I am remembering my dreams most nights. One in particular stands out. I am floating in the sea near Perth. I am supposed to sit for an exam, but it has been deferred for a bit. As I float, I meet a large spider-crab, native to Perth. We chat to each other. It tells me, in a rather aggrieved tone, that its reputation for aggressiveness is undeserved and that it isn't really such a bad sort. I commiserate with it and we chat on.
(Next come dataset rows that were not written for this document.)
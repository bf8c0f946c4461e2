//! What clients are granted.
ghost use Rattle.std.specs.Prelude.{◌≡◌, ◌-◌, nat_le};

/// What a door grants its clients. Times are in milliseconds.
#[derive(Clone, Copy)]
pub struct Limits {
    /// How many clients are in at once, at most 65,536. Where so many are in, the one that has sent nothing for the
    /// longest, of those whose message isn't whole, gives way to the next one.
    pub places: usize,

    /// How long a client whose message isn't whole may send nothing.
    pub silent: u64,

    /// How long it may take for its whole message.
    pub message: u64,

    /// How long it may take none of its reply.
    pub stuck: u64,

    /// How long it may take for its whole reply.
    pub reply: u64,

    /// How long it may take to end once it has its reply.
    pub ending: u64,

    /// How many bytes of memory replies may have before no further link is handed out.
    pub kept: usize,
}

impl Limits {
    /// The limits of the program: 1,000 clients; 5 seconds without a byte and 20 for a message; 5 seconds in which
    /// none of a reply is taken and 60 for all of it; one second to end; and 64 MiB of replies.
    pub fn usual() -> Limits {
        Limits {
            places: 1_000,
            silent: 5_000,
            message: 20_000,
            stuck: 5_000,
            reply: 60_000,
            ending: 1_000,
            kept: 67_108_864,
        }
    }
}

/// Whether so much time is over between two instants.
pub(crate) fn is_over(since: u64, now: u64, most: u64) -> bool
    ensures { result ≡ nat_le most (now - since) }
{
    now.saturating_sub(since) >= most
}
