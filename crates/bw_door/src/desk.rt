//! Where clients are seen to.
ghost use Rattle.std.specs.Prelude.{◌≡◌, ◌≤◌, ◌<◌, ◌+◌, [], vec_len};
ghost use Rattle.bw_door.specs.declared.desk.TheConstants.{AT_ONCE};

use crate::client::{Client, Heard};
use crate::crowd::{Crowd, Due};
use crate::leaving::{Leaving, Went};
use crate::limits::Limits;
use crate::settles::Settles;
use mio::Registry;
use mio::net::TcpStream;
use std::alloc::{AllocError, Global};
use std::mem;

/// How many bytes are read at once.
pub const AT_ONCE: usize = 16_384;

/// How much memory is kept at most for a later reply, in bytes.
const SPARE: usize = 4_194_304;

/// What it takes to see to a client.
#[derive(Drop)]
pub(crate) struct Desk<W> {
    alloc: Global,
    pub(crate) limits: Limits,
    settles: W,

    /// Where bytes are read to.
    room: Vec<u8>,

    /// Memory for a reply.
    spare: Vec<u8>,

    /// How many milliseconds it is since the port was opened, as last looked at.
    pub(crate) now: u64,
    ghost some: { 0 < vec_len room },
    ghost few: { vec_len room ≤ AT_ONCE },
    ghost empty: { spare.items ≡ [] },
}

impl<W: Settles> Desk<W> {
    /// The memory for reading is taken here.
    pub(crate) fn new(alloc: Global, limits: Limits, settles: W) -> Result<Self, AllocError>
    where
        W: Drop,
    {
        let room = vec![in alloc; 0u8; AT_ONCE]?;
        Ok(Desk {
            alloc,
            limits,
            settles,
            room,
            spare: Vec::new(alloc),
            now: 0,
        })
    }

    /// Empty memory for a reply.
    pub(crate) fn take_spare(&mut self) -> Vec<u8>
        ensures { result.items ≡ [] }
    {
        mem::replace(&mut self.spare, Vec::new(self.alloc))
    }

    /// Keeps the memory of a reply for a later one, unless there is more at hand already.
    fn keep_spare(&mut self, mut reply: Vec<u8>) {
        reply.clear();
        if reply.capacity() <= SPARE && reply.capacity() > self.spare.capacity() {
            self.spare = reply;
        }
    }

    /// A client that has just come, of which nothing was read, and which is out.
    pub(crate) fn welcome(
        &mut self,
        crowd: &mut Crowd<TcpStream, W>,
        stream: TcpStream,
        registry: &Registry,
    )
        requires { 0 < crowd.old.out }
        ensures { crowd.new.out + 1 ≡ crowd.old.out }
    {
        let client = Client::new(self.alloc, stream, self.now);
        self.hear(crowd, client, registry);
    }

    /// Reads what is there of a client that was out, and puts it where it now belongs.
    fn hear(
        &mut self,
        crowd: &mut Crowd<TcpStream, W>,
        mut client: Client<TcpStream>,
        registry: &Registry,
    )
        requires { 0 < crowd.old.out }
        ensures { crowd.new.out + 1 ≡ crowd.old.out }
    {
        match client.read(&mut self.room, &mut self.settles, self.now) {
            Heard::Waits => {
                if client.watch(registry, crowd.waiting_token()) {
                    crowd.put_waiting(client);
                } else {
                    crowd.let_go(client);
                }
            }
            Heard::Whole => crowd.put_due(Due::new(client, false)),
            Heard::Ended => crowd.put_due(Due::new(client, true)),
            Heard::Broken => crowd.let_go(client),
        }
    }

    /// Goes on with a client that was out and gets its reply, and puts it where it now belongs.
    pub(crate) fn see_off(
        &mut self,
        crowd: &mut Crowd<TcpStream, W>,
        mut leaving: Leaving<TcpStream>,
        registry: &Registry,
    )
        requires { 0 < crowd.old.out }
        ensures { crowd.new.out + 1 ≡ crowd.old.out }
    {
        let went = leaving.go_on(&mut self.room, self.now);
        if let Some(reply) = leaving.take_memory(self.alloc) {
            self.keep_spare(reply);
        }
        match went {
            Went::Over => crowd.let_go(leaving),
            Went::Waits => {
                if leaving.watch(registry, crowd.leaving_token()) {
                    crowd.put_leaving(leaving);
                } else {
                    crowd.let_go(leaving);
                }
            }
        }
    }

    /// Sees to the client of a token, of which a change is told.
    pub(crate) fn see_to(
        &mut self,
        crowd: &mut Crowd<TcpStream, W>,
        token: usize,
        registry: &Registry,
    )
        ensures { crowd.new.out ≡ crowd.old.out }
    {
        match crowd.take_waiting(token) {
            Some(client) => self.hear(crowd, client, registry),
            None => self.see_to_leaving(crowd, token, registry),
        }
    }

    /// Sees to the client of a token, of which a change is told, if it gets its reply.
    fn see_to_leaving(&mut self, crowd: &mut Crowd<TcpStream, W>, token: usize, registry: &Registry)
        ensures { crowd.new.out ≡ crowd.old.out }
    {
        match crowd.take_leaving(token) {
            Some(leaving) => self.see_off(crowd, leaving, registry),
            None => {}
        }
    }
}
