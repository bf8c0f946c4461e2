//! The door at a port of this machine.
ghost use Rattle.std.specs.Prelude.{◌≡◌, ◌≢◌, ◌≤◌, ◌<◌, ◌+◌, ◌⊎◌, None, Some, Ok, IfOk, IfErr, IfSome, IsSome, OnSome, OnOk, OnErr};
ghost use Rattle.slab.specs.Slab.{slab_len};
ghost use Rattle.bw_out.specs.Causes.{HasCause, Rose};
ghost use Rattle.bw_door.specs.Ends.{IsHandedOut, HasReason, end_of};

use crate::crowd::Crowd;
use crate::desk::Desk;
use crate::leaving::Leaving;
use crate::limits::Limits;
use crate::link::PortLink;
use crate::port::Port;
use crate::settles::Settles;
use bw_out::{Door, Failed};
use mio::Events;
use mio::net::TcpStream;
use std::alloc::{AllocError, Global};
use std::io::ErrorKind;
use std::net::Net;
use std::sync::Wait;
use std::time::Clock;

/// How many changes are told at once.
const CHANGES: usize = 256;

/// How a link ended.
#[derive(Clone, Copy)]
pub(crate) enum End {
    /// It was closed at once, since a read or a write had failed.
    Closed,

    /// What was written to it goes on to be sent.
    Replied,
}

/// A door at a port of the loopback address 127.0.0.1, so that only programs of this machine reach it. It tells nothing
/// of the links that come, of which there is always a next one: it is waited for.
///
/// `listen` fails where the system refuses the port. `next` fails where the system refused 101 times in a row, or where
/// no port is listened on.
pub struct PortDoor<R: Net + Clock + Wait + Copy, W: Settles> {
    rt: R,
    port: Option<Port>,
    changes: Events,
    desk: Desk<W>,
    crowd: Crowd<TcpStream, W>,

    /// How often in a row the system refused, at the last call of `next`.
    refusals: u32,

    /// How the link that was last given back ended.
    last: Option<End>,

    /// Why the system refused the last call that failed.
    error: Option<ErrorKind>,
    faults: u64,
}

impl<R: Net + Clock + Wait + Copy, W: Settles + Drop> Drop for PortDoor<R, W> {
    fn drop(self) {
        let PortDoor {
            rt: _,
            port: _,
            changes: _,
            desk: _,
            crowd: _,
            refusals: _,
            last: _,
            error: _,
            faults: _,
        } = self;
    }
}

impl<R: Net + Clock + Wait + Copy, W: Settles + Drop> PortDoor<R, W> {
    /// A door at no port yet, of which no call has failed. The memory that it needs beside that of its clients is taken
    /// here.
    pub fn new(rt: R, alloc: Global, limits: Limits, settles: W) -> Result<Self, AllocError>
        ensures faults { IfOk result (λ door. door.faults ≡ 0) }
        ensures error { IfOk result (λ door. door.error ≡ None) }
    {
        let changes = Events::with_capacity(alloc, CHANGES)?;
        match Desk::new(alloc, limits, settles) {
            Ok(desk) => Ok(Self::closed(rt, changes, desk, Crowd::new(alloc))),
            Err(error) => {
                drop(changes);
                Err(error)
            }
        }
    }

    /// A door at no port, of which no call has failed.
    fn closed(rt: R, changes: Events, desk: Desk<W>, crowd: Crowd<TcpStream, W>) -> Self
        ensures faults { result.faults ≡ 0 }
        ensures error { result.error ≡ None }
    {
        PortDoor {
            rt,
            port: None,
            changes,
            desk,
            crowd,
            refusals: 0,
            last: None,
            error: None,
            faults: 0,
        }
    }
}

impl<R: Net + Clock + Wait + Copy, W: Settles> PortDoor<R, W> {
    /// Why the system refused the last call that failed. None where no call has failed, and where `next` was called with
    /// no port listened on.
    pub fn last_error(&self) -> Option<ErrorKind>
        ensures { result ≡ self.now.error }
    {
        self.error
    }

    /// Whether a client is due, so that `next` hands out its link without waiting for a message.
    pub fn is_due(&self) -> bool {
        self.crowd.is_due() && self.crowd.kept() < self.desk.limits.kept
    }

    /// Sends what is left of replies, as their clients take it, and lets nobody in. It is called once no more links are
    /// asked for, and takes no longer than a reply may.
    ///
    /// `Failed` comes only where the count of this door rose: the system refused, and replies may be left.
    pub fn finish(&mut self) -> Result<(), Failed>
        ensures cause { HasCause self.old.faults self.new.faults result }
        ensures none { OnOk result ((slab_len self.new.crowd.leaving ≡ 0) ⊎ (self.new.port ≡ None)) }
        ensures error { OnErr result (IsSome self.new.error) }
    {
        let Some(port) = &mut self.port else {
            return Ok(());
        };
        match port.finish(&self.rt, &mut self.changes, &mut self.desk, &mut self.crowd) {
            Ok(()) => Ok(()),
            Err(kind) => Err(self.fail(Some(kind))),
        }
    }

    /// Counts a call that failed, and notes why the system refused it.
    fn fail(&mut self, error: Option<ErrorKind>) -> Failed
        ensures later { self.old.faults ≤ self.new.faults }
        ensures rose { Rose self.old.faults self.new.faults }
        ensures error { self.new.error ≡ error }
        ensures refusals { self.new.refusals ≡ self.old.refusals }
        ensures port { self.new.port ≡ self.old.port }
        ensures crowd { self.new.crowd ≡ self.old.crowd }
    {
        self.faults = self.faults.saturating_add(1);
        self.error = error;
        Failed
    }

    /// The link of the client that has been due for longest. It is waited for. An error is why the system refused, if
    /// it did.
    fn take_link(&mut self) -> Result<PortLink<TcpStream>, Option<ErrorKind>>
        ensures link { IfOk result (IsHandedOut W.settled) }
        ensures out { OnOk result (self.new.crowd.out ≡ self.old.crowd.out + 1) }
        ensures kept { OnErr result (self.new.crowd.out ≡ self.old.crowd.out) }
        ensures reason { IfErr result (HasReason self.new.port self.new.refusals) }
        ensures faults { self.new.faults ≡ self.old.faults }
    {
        let Some(port) = &mut self.port else {
            return Err(None);
        };
        let link = port.next_link(
            &self.rt,
            &mut self.changes,
            &mut self.desk,
            &mut self.crowd,
            &mut self.refusals,
        );
        match link {
            Ok(link) => Ok(link),
            Err(kind) => Err(Some(kind)),
        }
    }

    /// The port that is listened on: where 0 was asked for, the one that the system chose. None where there is none, or
    /// where the system doesn't say.
    pub fn port(&self) -> Option<u16> {
        match &self.port {
            Some(port) => match port.listener.local_addr() {
                Ok(address) => Some(address.port()),
                Err(_) => None,
            },
            None => None,
        }
    }
}

impl<R: Net + Clock + Wait + Copy, W: Settles> Door for PortDoor<R, W> {
    type Link = PortLink<TcpStream>;

    ghost asked = { λ _. None };

    ghost coming = { λ _. None };

    ghost returned = { λ _. None };

    ghost awaits = { λ door. 0 < door.crowd.out };

    ghost faults = { λ door. door.faults };

    fn listen(&mut self, port: u16) -> Result<(), Failed>
        ensures cause { HasCause self.old.faults self.new.faults result }

        // It is listened on exactly where the system allowed it, and else it is noted why not.
        ensures open { OnOk result (IsSome self.new.port) }
        ensures error { OnErr result (IsSome self.new.error) }
    {
        match Port::open(&self.rt, port) {
            Ok(opened) => {
                self.port = Some(opened);
                Ok(())
            }
            Err(error) => Err(self.fail(Some(error.kind()))),
        }
    }

    fn next(&mut self) -> Result<Option<PortLink<TcpStream>>, Failed>
        ensures fresh { IfOk result (λ next. IfSome next (λ link. (link.read_faults ≡ 0) × (link.write_faults ≡ 0))) }
        ensures cause { HasCause self.old.faults self.new.faults result }
        ensures awaits { IfOk result (λ next. OnSome next (0 < self.new.crowd.out)) }

        // There is always a link to come. Enough of its client was read, and nothing of that was handed on.
        ensures some { result ≢ Ok None }
        ensures link { IfOk result (λ next. IfSome next (IsHandedOut W.settled)) }
        ensures out { OnOk result (self.new.crowd.out ≡ self.old.crowd.out + 1) }
        ensures kept { OnErr result (self.new.crowd.out ≡ self.old.crowd.out) }

        // None could be had only where the system refused 101 times in a row, or where no port is listened on.
        ensures reason { OnErr result (HasReason self.new.port self.new.refusals self.new.error) }
    {
        match self.take_link() {
            Ok(link) => Ok(Some(link)),
            Err(error) => Err(self.fail(error)),
        }
    }

    fn give_back(&mut self, link: PortLink<TcpStream>)
        requires { 0 < self.old.crowd.out }
        ensures faults { self.new.faults ≡ self.old.faults }
        ensures out { self.new.crowd.out + 1 ≡ self.old.crowd.out }

        // A link of which a call failed is closed at once, and what was written to each other one is sent.
        ensures last { self.old.port ≢ None → self.new.last ≡ Some (end_of link) }
    {
        self.last = match &mut self.port {
            Some(port) if !link.is_faulty() => {
                self.desk.now = port.since(&self.rt, self.desk.now);
                let leaving = Leaving::new(link, self.desk.now);
                self.desk.see_off(&mut self.crowd, leaving, port.registry());
                Some(End::Replied)
            }
            _ => {
                self.crowd.let_go(link);
                Some(End::Closed)
            }
        };
    }
}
It is not until some weeks afterwards that I realise, with a rather eerie feeling, that it was my tumour that I was talking to in my dream. In the Zodiac, Cancer is the crab and my tumour has been classified as very aggressive. Perth, the symbol of death and rebirth, seems the perfect place for the crab to reside. Years later, the memory of floating lazily in the blue waters
off Perth chatting to the indignant spider-crab, is still perfectly clear. It has both the oddness and the absolute rightness of Alice's adventures in the looking glass.